Collected data entries:
------------------------

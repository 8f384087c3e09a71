//! A store that is paused: what the next one begins with.

ghost use Rattle.std.specs.Prelude.{◌≡◌, ◌<◌, ◌≤◌, ◌+◌, ◌-◌, ◌^◌, [], IfOk, MatchResult, None, drop, length, replicate};
ghost use Rattle.history_row.specs.Rows.{IsRowOf};
ghost use Rattle.store_step.specs.master.Valid.{IsValid};
ghost use Rattle.store_step.specs.master.World.{world};
ghost use Rattle.locked_log.specs.Ends.{AreServed};
ghost use Rattle.locked_log.specs.Made.{IsMade};
ghost use Rattle.locked_log.specs.Renews.{AreKept, IsPaused, paused_at};
ghost use Rattle.store_seat.specs.Accounts.{IsSettled};

use crate::blank::{Blank, open_book};
use crate::closing::are_known;
use crate::state::State;
use crate::store::Store;
use entry::NoMemory;
use history_row::Row;
use replica::Fleet;
use std::alloc::Global;
use std::marker::Model;
use store_seat::{Account, Naming, Seat};
use store_step::master::{History, Master};

/// What a store that was paused leaves to the next one: its master, and what its book had of each seat. Contracts also
/// see the place from which on the next store has a cell for each record.
///
/// A program that serves for ever is a loop. Each turn picks a brand, by a call of a function that is generic in it:
///
/// ```text
/// fn serve<B: Naming>(rt, alloc, blank: Blank, paused: Paused<F>) -> .. {
///     let (store, seats) = Store::<F, B>::renew(alloc, blank, paused)?;
///     ..                                                  // calls, until one is refused as CellsSpent
///     store.pause(seats)
/// }
///
/// let mut paused = Paused::over(alloc, master, 8)?;
/// loop {
///     let blank = paused.blank(alloc, 100_000)?;          // cells for 100,000 records more
///     (paused, _) = serve::<Brand>(rt, alloc, blank, paused)?;
/// }
/// ```
#[derive(Drop)]
pub struct Paused<F: Fleet> {
    pub(crate) master: Master<F>,
    pub(crate) book: Vec<Account>,
    pub(crate) start: u64,
}

impl<F: Fleet> Model for Paused<F> {
    ghost use Rattle.store_step.specs.master.World.{world};
    ghost use Rattle.locked_log.specs.Renews.{IsPaused, PausedValue};

    ghost Value = { PausedValue F };

    ghost view = { λ p. record { master = p.master; book = p.book.items; start = p.start } };

    ghost invariant = { λ p. IsPaused (world F.state p.master) p.book.items p.start };
}

impl<F: Fleet> Paused<F> {
    /// What a first store with so many seats, 1 to 64, begins with: none of them has a record to settle. What is
    /// durable counts as shown to each. If memory runs out, the master comes back as it was.
    pub fn over(
        alloc: Global,
        master: Master<F>,
        seats: u64,
    ) -> Result<Paused<F>, (NoMemory, Master<F>)>
        ensures { MatchResult result (λ p. p ≡ paused_at master seats) (λ e. e.1 ≡ master) }
    {
        let first = master.durable();
        let start = master.history().len() as u64;
        let Ok(book) = open_book(alloc, first, seats) else {
            return Err((NoMemory, master));
        };
        let paused = Paused {
            master,
            book,
            start,
        };
        Ok(paused)
    }

    /// What is true of every paused store.
    pub fn show_valid(&self)
        ensures { IsPaused (world F.state self.now.master) self.now.book self.now.start }
    {
        let _start = self.start;
    }

    /// The place of the next store's first cell.
    pub fn start(&self) -> u64
        ensures { result ≡ self.now.start }
    {
        self.start
    }

    /// The records, also those that are filed anew.
    pub fn history(&self) -> &History
        ensures records { result.now.records ≡ self.entry.now.master.knows.history }
        ensures forgotten { result.now.forgotten ≡ self.entry.now.master.knows.forgotten }
        ensures few { length result.now.records < 2 ^ 63 - 2 ^ 61 }
    {
        self.master.history()
    }

    /// What the book had of each seat.
    pub(crate) fn book(&self) -> &Vec<Account>
        ensures { result.now.items ≡ self.entry.now.book }
    {
        &self.book
    }

    /// The parts of the next store: as many seats as there were, a cell for each record that is filed anew, and this
    /// many cells more.
    pub fn blank(&self, alloc: Global, cells: u64) -> Result<Blank, NoMemory>
        requires { cells < 2 ^ 62 }
        ensures cells { IfOk result (λ b. b.row
            ≡ replicate (length self.now.master.knows.history - self.now.start + cells) None) }
        ensures empty { IfOk result (λ b. IsRowOf b.row []) }
        ensures seats { IfOk result (λ b. (b.seats ≡ length self.now.book) × (b.parts ≡ length self.now.book)) }
    {
        self.show_valid();
        let again = self.history().len() as u64 - self.start();
        Blank::make(alloc, again + cells, self.book().len() as u64)
    }

    /// The master, for whoever needs no store any more.
    pub fn into_master(self) -> Master<F>
        ensures { result ≡ self.master }
    {
        let Paused {
            master,
            book: _,
            start: _,
        } = self;
        master
    }
}

impl<F: Fleet, B: Naming> Store<F, B> {
    /// Ends the store so that another one goes on from here, by `Store::renew`. It gives what that one needs, and the
    /// row of this store's records. With Err the master alone comes back, as from `close`.
    pub fn pause(self, seats: Vec<Seat<B>>) -> Result<(Paused<F>, Row<B>), Master<F>>
        // By `Row::tell` the history has each receipt's record at its place.
        ensures row { IfOk result (λ r. IsRowOf r.1 (drop B.start r.0.master.knows.history)) }
        ensures served { IfOk result (λ r. AreServed B.start r.0.master.knows seats.items) }
        // Each seat is in the book as it is, and keeps what it can still settle.
        ensures kept { IfOk result
            (λ r. AreKept B.start r.0.master.knows.history r.0.book r.0.start seats.items) }
        // So do seats that aren't given.
        ensures accounts { IfOk result (λ r. length r.0.book ≡ B.made.seats) }
        ensures settled { IfOk result
            (λ r. IsSettled B.start r.0.book r.0.master.knows.history r.0.start) }
        // The master is the one that the store was made of.
        ensures made { MatchResult result (λ r. IsMade B.made (world F.state r.0.master))
            (λ m. IsMade B.made (world F.state m)) }
        ensures valid { MatchResult result (λ r. IsValid r.0.master.knows (F.state r.0.master.fleet))
            (λ m. IsValid m.knows (F.state m.fleet)) }
    {
        let Store { shared } = self;
        let state = shared.into_log();
        let start = state.first_open();
        let State {
            alloc: _,
            master,
            book,
            total: _,
            row,
            is_refused,
        } = state;
        let are_known = are_known(&book, &seats);
        if is_refused || !are_known {
            return Err(master);
        }
        let paused = Paused {
            master,
            book,
            start,
        };
        Ok((paused, row))
    }
}

impl<F: Fleet, B: Naming> State<F, B> {
    /// The place from which on a store that goes on has to have a cell for each record: no seat can settle a record
    /// below it, and none from there on is forgotten.
    pub(crate) fn first_open(&self) -> u64
        ensures least { self.now.start ≤ result }
        ensures within { result ≤ length self.now.master.knows.history }
        ensures kept { self.now.master.knows.forgotten ≤ result }
        ensures settled { IsSettled self.now.start self.now.book self.now.master.knows.history result }
    {
        self.show_valid();
        let len = self.master.history().len() as u64;
        let kept = self.master.forgotten().max(self.row.start() as u64);
        let least = self.bound();
        let open_at = least.min(len);
        let first = kept.max(open_at);
        first
    }
}
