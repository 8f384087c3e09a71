//! How a thread waits for the lock.

use std::hint::spin_loop;
use std::sync::{Mutex, MutexGuard, Wait};
use std::thread::yield_now;

/// How many pauses of the processor come before the second try.
const FIRST_PAUSES: u32 = 16;

/// The most pauses before a later try.
const MOST_PAUSES: u32 = 128;

/// How often a thread then tries to take a lock that is held, before it sleeps until the lock is free.
const TRIES: u32 = 2_000;

/// Takes the lock. If it is held, the thread pauses, and tries again. Before each further try it lets other threads
/// run, and pauses twice as long as before, up to a limit: each try takes the lock's cache line from the thread that has
/// the lock. It sleeps after 2,000 tries: a holding of a store's lock mostly ends before a sleeper would be awake. With
/// more threads than processors, the thread that has the lock gets a processor soon, since the others let it run.
/// Whoever tries takes the lock before those who sleep.
#[inline(always)]
pub fn take<'a, T, R: Wait>(rt: &R, lock: &'a Mutex<T>) -> MutexGuard<'a, T> {
    match lock.try_lock() {
        Some(guard) => guard,
        None => take_held(rt, lock),
    }
}

/// Takes a lock that was held a moment ago.
#[inline(never)]
fn take_held<'a, T, R: Wait>(rt: &R, lock: &'a Mutex<T>) -> MutexGuard<'a, T> {
    let mut pauses = FIRST_PAUSES;
    for _ in 0..TRIES {
        for _ in 0..pauses {
            spin_loop();
        }
        if let Some(guard) = lock.try_lock() {
            return guard;
        }
        yield_now();
        pauses = pauses.saturating_mul(2).min(MOST_PAUSES);
    }
    lock.lock(rt)
}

------------------------

TASK STATEMENT. Write out every line in the data that holds the string "impl".

SOLVED PROBLEM.
impl<F: Fleet> Model for Paused<F> {
impl<F: Fleet> Paused<F> {
impl<F: Fleet, B: Naming> Store<F, B> {
impl<F: Fleet, B: Naming> State<F, B> {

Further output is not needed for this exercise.